# Available data:
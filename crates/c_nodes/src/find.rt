ghost use Rattle.c_prog.specs.Order.{order, order_of, functions_order, step_order};
ghost use Rattle.c_nodes.specs.Finding.{Finds};

use crate::found::Found;
use c_prog::{Function, NodeView, Step, Stmt};

fn find_step(step: &Option<Step>, number: u32) -> Found<'_>
    ensures { Finds result (step_order step.now) number }
{
    match step {
        None => Found::Left(number),
        Some(step) => {
            if number == 0 {
                Found::Node(NodeView::Step(step))
            } else {
                Found::Left(number - 1)
            }
        }
    }
}

#[cycle(find)]
fn find(stmt: &Stmt, number: u32) -> Found<'_>
    ensures { Finds result (order stmt.now) number }
{
    match stmt {
        Stmt::Simple { act, after } => {
            let after = after.as_slice();
            if number == 0 {
                Found::Node(NodeView::Act { act, after })
            } else {
                Found::Left(number - 1)
            }
        }
        Stmt::Jump { jump, after } => {
            let after = after.as_slice();
            if number == 0 {
                Found::Node(NodeView::Jump { jump, after })
            } else {
                Found::Left(number - 1)
            }
        }
        Stmt::If { cond, yes, no } => {
            if number == 0 {
                return Found::Node(NodeView::Cond(cond));
            }
            match find_in(yes.as_slice(), number - 1) {
                Found::Node(node) => Found::Node(node),
                Found::Left(left) => find_in(no.as_slice(), left),
            }
        }
        Stmt::Loop { cond, step, body } => {
            if number == 0 {
                return Found::Node(NodeView::Cond(cond));
            }
            match find_step(step, number - 1) {
                Found::Node(node) => Found::Node(node),
                Found::Left(left) => find_in(body.as_slice(), left),
            }
        }
        Stmt::Block(body) => find_in(body.as_slice(), number),
    }
}

#[cycle(find)]
pub fn find_in(list: &[Stmt], number: u32) -> Found<'_>
    ensures { Finds result (order_of list.now) number }
{
    let mut left = number;
    for stmt in list {
        match find(stmt, left) {
            Found::Node(node) => return Found::Node(node),
            Found::Left(rest) => left = rest,
        }
    }
    Found::Left(left)
}

/// The node with this number among those of functions.
pub fn find_node(list: &[Function], number: u32) -> Found<'_>
    ensures { Finds result (functions_order list.now) number }
{
    let mut left = number;
    for function in list {
        match find_in(function.body.as_slice(), left) {
            Found::Node(node) => return Found::Node(node),
            Found::Left(rest) => left = rest,
        }
    }
    Found::Left(left)
}
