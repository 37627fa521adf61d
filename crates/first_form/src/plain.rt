ghost use Rattle.std.specs.Prelude.{◌≡◌, length};
ghost use Rattle.c_prog.specs.Patched.{has_some};
ghost use Rattle.c_prog.specs.Valid.Expressions.{is_number};
ghost use Rattle.first_form.specs.Form.{one_of, scalar, number_given, given_by, assigned, assigned_by, plain_act, plain_of, target_of, act_of};

use c_prog::{Act, Expr, How, Stmt, Target, Value, Var};
use cfix_base::{List, VarId};

/// A statement of the first form.
#[derive(Clone, Copy, Debug, PartialEq, Eq)]
pub enum Plain {
    /// `to = value;`
    SetNumber { to: VarId, value: i32 },
    /// `to = from;`
    SetVariable { to: VarId, from: VarId },
    /// The global, and `++;`.
    Up(VarId),
}

/// What is assigned.
#[derive(Clone, Copy, Debug, PartialEq, Eq)]
pub enum Given {
    Number(i32),
    Variable(VarId),
}

/// One of so many globals.
fn one_of(count: usize, var: Var) -> Option<VarId>
    ensures { result ≡ one_of count var }
{
    match var {
        Var::Global(id) => {
            if (id.number as usize) < count {
                Some(id)
            } else {
                None
            }
        }
        Var::Local(_) => None,
    }
}

/// One of so many globals, without an index.
fn scalar(count: usize, target: &Target) -> Option<VarId>
    ensures { result ≡ scalar count target.now }
{
    match &target.index {
        None => one_of(count, target.var),
        Some(_) => None,
    }
}

fn is_number(number: i32) -> bool
    ensures { result ≡ is_number number }
{
    number >= 0
}

fn number_given(number: i32) -> Option<Given>
    ensures { result ≡ number_given number }
{
    if is_number(number) {
        Some(Given::Number(number))
    } else {
        None
    }
}

/// What an expression is that is a number or a global.
#[tactic(auto, using(crate::proofs::Forms::read_scalar))]
fn given_by(count: usize, expr: &Expr) -> Option<Given>
    ensures { result ≡ given_by count expr.now }
{
    match expr {
        Expr::Number(number) => number_given(*number),
        Expr::Read(target) => match scalar(count, target) {
            Some(id) => Some(Given::Variable(id)),
            None => None,
        },
        _ => None,
    }
}

fn assigned(to: VarId, given: Given) -> Plain
    ensures { result ≡ assigned to given }
{
    match given {
        Given::Number(value) => Plain::SetNumber { to, value },
        Given::Variable(from) => Plain::SetVariable { to, from },
    }
}

fn assigned_by(count: usize, expr: &Expr, to: VarId) -> Option<Plain>
    ensures { result ≡ assigned_by count expr.now to }
{
    match given_by(count, expr) {
        Some(given) => Some(assigned(to, given)),
        None => None,
    }
}

/// What a simple statement does, if it is one of the three.
fn plain_act(count: usize, act: &Act) -> Option<Plain>
    ensures { result ≡ plain_act count act.now }
{
    match act {
        Act::Assign {
            target,
            how: How::Set,
            value: Value::Expr(expr),
        } => match scalar(count, target) {
            Some(to) => assigned_by(count, expr, to),
            None => None,
        },
        Act::Up(target) => match scalar(count, target) {
            Some(id) => Some(Plain::Up(id)),
            None => None,
        },
        _ => None,
    }
}

/// Whether a list has an item.
pub fn has_some<T>(list: &List<T>) -> bool
    ensures { result ≡ has_some list.now }
{
    list.len() > 0
}

/// A statement of the first form in a program with so many globals.
pub fn plain_of(count: usize, stmt: &Stmt) -> Option<Plain>
    ensures { result ≡ plain_of count stmt.now }
{
    match stmt {
        Stmt::Simple { act, after } => {
            if has_some(after) {
                None
            } else {
                plain_act(count, act)
            }
        }
        _ => None,
    }
}

/// The global variable with this number.
fn target_of(id: VarId) -> Target
    ensures { result ≡ target_of id }
{
    Target {
        var: Var::Global(id),
        index: None,
    }
}

/// What a statement of the first form does.
pub fn act_of(plain: Plain) -> Act
    ensures { result ≡ act_of plain }
{
    match plain {
        Plain::SetNumber { to, value } => Act::Assign {
            target: target_of(to),
            how: How::Set,
            value: Value::Expr(Expr::Number(value)),
        },
        Plain::SetVariable { to, from } => Act::Assign {
            target: target_of(to),
            how: How::Set,
            value: Value::Expr(Expr::Read(target_of(from))),
        },
        Plain::Up(id) => Act::Up(target_of(id)),
    }
}
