use crate::scene::{Scene, play};
use crate::texts::{
    CLASSIC_ENTRIES, COUNTER, COUNTER_PATCHED, COUNTER_REPORT, OVERFLOW, OVERFLOW_ENTRIES, classic,
    classic_steps, overflow_steps,
};
use std::alloc::{AllocError, Global};
use std::process::Abort;
use std::test::Fail;

/// The calls of the shelf, of the output and of the notes that fail, each with the bytes that it lets through.
type Fails<'a> = (&'a [(u32, u32)], &'a [(u32, u32)], &'a [(u32, u32)]);

/// The scene of these words and files in which nothing fails.
fn quiet<'a>(words: &'a [&'a str], files: &'a [(&'a str, &'a [u8])]) -> Scene<'a> {
    Scene {
        words,
        files,
        reads: &[],
        puts: &[],
        notes: &[],
    }
}

fn check(rt: &impl Abort, alloc: Global, scene: &Scene<'_>, status: u8, out: &[u8], note: &[u8]) {
    let ended = play(alloc, scene).expect(rt, "memory");
    assert_eq!(rt; ended.status, status);
    assert_eq!(rt; ended.out.taken(), out);
    assert_eq!(rt; ended.note.taken(), note);
}

/// The first bytes of the shown source, so many.
fn front(size: usize) -> &'static [u8] {
    let shown = classic();
    &shown[..size.min(shown.len())]
}

/// Plays the patch of the counter with calls of the shelf, of the output and of the notes that fail.
fn patched(rt: &impl Abort, alloc: Global, fails: Fails<'_>, status: u8, out: &[u8], note: &[u8]) {
    let (reads, puts, notes) = fails;
    let files = [("p.c", COUNTER), ("r.json", COUNTER_REPORT)];
    let scene = Scene {
        reads,
        puts,
        notes,
        ..quiet(&["patch", "p.c", "r.json"], &files)
    };
    check(rt, alloc, &scene, status, out, note);
}

/// Shows the source of two threads with such calls.
fn shown(rt: &impl Abort, alloc: Global, fails: Fails<'_>, status: u8, out: &[u8], note: &[u8]) {
    let (reads, puts, notes) = fails;
    let files = [("p.c", classic())];
    let scene = Scene {
        reads,
        puts,
        notes,
        ..quiet(&["show", "p.c"], &files)
    };
    check(rt, alloc, &scene, status, out, note);
}

/// Replays the sum that overflows, with such calls and with an entry that makes no step.
fn replayed(rt: &impl Abort, alloc: Global, fails: Fails<'_>, status: u8, out: &[u8], note: &[u8]) {
    let (reads, puts, notes) = fails;
    let files = [
        ("p.c", OVERFLOW),
        ("i.txt", b"".as_slice()),
        ("s.txt", b"0\n0\n7\n"),
    ];
    let scene = Scene {
        reads,
        puts,
        notes,
        ..quiet(&["replay", "p.c", "i.txt", "s.txt"], &files)
    };
    check(rt, alloc, &scene, status, out, note);
}

const NONE: &[(u32, u32)] = &[];

const FIRST: &[(u32, u32)] = &[(0, 0)];

const SECOND: &[(u32, u32)] = &[(1, 0)];

const THIRD: &[(u32, u32)] = &[(2, 0)];

const NO_SOURCE: &[u8] = b"cfix: cannot read p.c\n";

const NO_WRITE: &[u8] = b"cfix: cannot write\n";

#[test]
fn each_fault_of_a_patch_has_its_status_and_its_line(rt: HostRuntime) {
    for (reads, puts, notes, status, out, note) in [
        (FIRST, NONE, NONE, 4u8, b"".as_slice(), NO_SOURCE),
        (SECOND, NONE, NONE, 4, b"", b"cfix: cannot read r.json\n"),
        (NONE, FIRST, NONE, 5, b"", NO_WRITE),
        (NONE, &[(0, 1)], NONE, 5, b"#", NO_WRITE),
        (NONE, &[(0, 3)], NONE, 5, b"#in", NO_WRITE),
        (NONE, SECOND, SECOND, 0, COUNTER_PATCHED, b""),
        (NONE, &[(0, 1)], &[(0, 7)], 5, b"#", b"cfix: c"),
        (FIRST, NONE, &[(0, 2)], 4, b"", b"cf"),
        (FIRST, NONE, &[(1, 1)], 4, b"", b"cfix: cannot read p"),
        (FIRST, NONE, &[(2, 0)], 4, b"", b"cfix: cannot read p.c"),
    ] {
        patched(&rt, rt.alloc(), (reads, puts, notes), status, out, note);
    }
}

#[test]
fn each_fault_of_a_shown_source_has_its_status_and_its_line(rt: HostRuntime) {
    for (reads, puts, notes, status, out, note) in [
        (FIRST, NONE, NONE, 4u8, b"".as_slice(), NO_SOURCE),
        (NONE, FIRST, NONE, 5, b"", NO_WRITE),
        (NONE, &[(0, 1)], NONE, 5, b"#", NO_WRITE),
        (NONE, &[(1, 10)], NONE, 5, front(266), NO_WRITE),
        (NONE, &[(1, 10)], FIRST, 5, front(266), b""),
        (NONE, NONE, FIRST, 0, classic(), b""),
    ] {
        shown(&rt, rt.alloc(), (reads, puts, notes), status, out, note);
    }
}

/// The files are read in the order of the words; where a put fails before the entry that makes no step, the entry is
/// not told.
#[test]
fn each_fault_of_a_replay_has_its_status_and_its_line(rt: HostRuntime) {
    let in_step = b"1 0 begin 0\n2 0".as_slice();
    for (reads, puts, status, out, note) in [
        (FIRST, NONE, 4u8, b"".as_slice(), NO_SOURCE),
        (SECOND, NONE, 4, b"", b"cfix: cannot read i.txt\n"),
        (THIRD, NONE, 4, b"", b"cfix: cannot read s.txt\n"),
        (NONE, &[(1, 3)], 5, in_step, NO_WRITE),
    ] {
        replayed(&rt, rt.alloc(), (reads, puts, NONE), status, out, note);
    }
}

/// The number of bytes of a text before each of its lines.
fn starts(alloc: Global, text: &[u8]) -> Result<Vec<usize>, AllocError> {
    let mut starts = Vec::new(alloc);
    let mut start = 0;
    for (place, byte) in text.iter().enumerate() {
        if *byte == b'\n' {
            starts.push(start)?;
            start = place + 1;
        }
    }
    Ok(starts)
}

/// Where a put of a replay fails, the lines before it stand in the output, and some bytes of its own.
#[test]
fn each_put_may_fail(rt: HostRuntime) -> Result<(), Fail> {
    let alloc = rt.alloc();
    for (source, schedule, out, lines) in [
        (OVERFLOW, OVERFLOW_ENTRIES, overflow_steps(), 9usize),
        (classic(), CLASSIC_ENTRIES, classic_steps(), 17),
    ] {
        let starts = starts(alloc, out)?;
        assert_eq!(rt; starts.len(), lines);
        let files = [("p.c", source), ("i.txt", b""), ("s.txt", schedule)];
        let mut call = 0u32;
        for start in starts.iter() {
            for more in [0u32, 1] {
                let end = start.saturating_add(more as usize).min(out.len());
                let scene = Scene {
                    puts: &[(call, more)],
                    ..quiet(&["replay", "p.c", "i.txt", "s.txt"], &files)
                };
                check(&rt, alloc, &scene, 5, &out[..end], b"cfix: cannot write\n");
            }
            call = call.saturating_add(1);
        }
    }
    Ok(())
}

# What this task involves:
For the word "crates", find every line in the data that holds it and copy that line.

# Expected answer:
filename crates/c_nodes/src/find.rt
filename crates/first_form/src/plain.rt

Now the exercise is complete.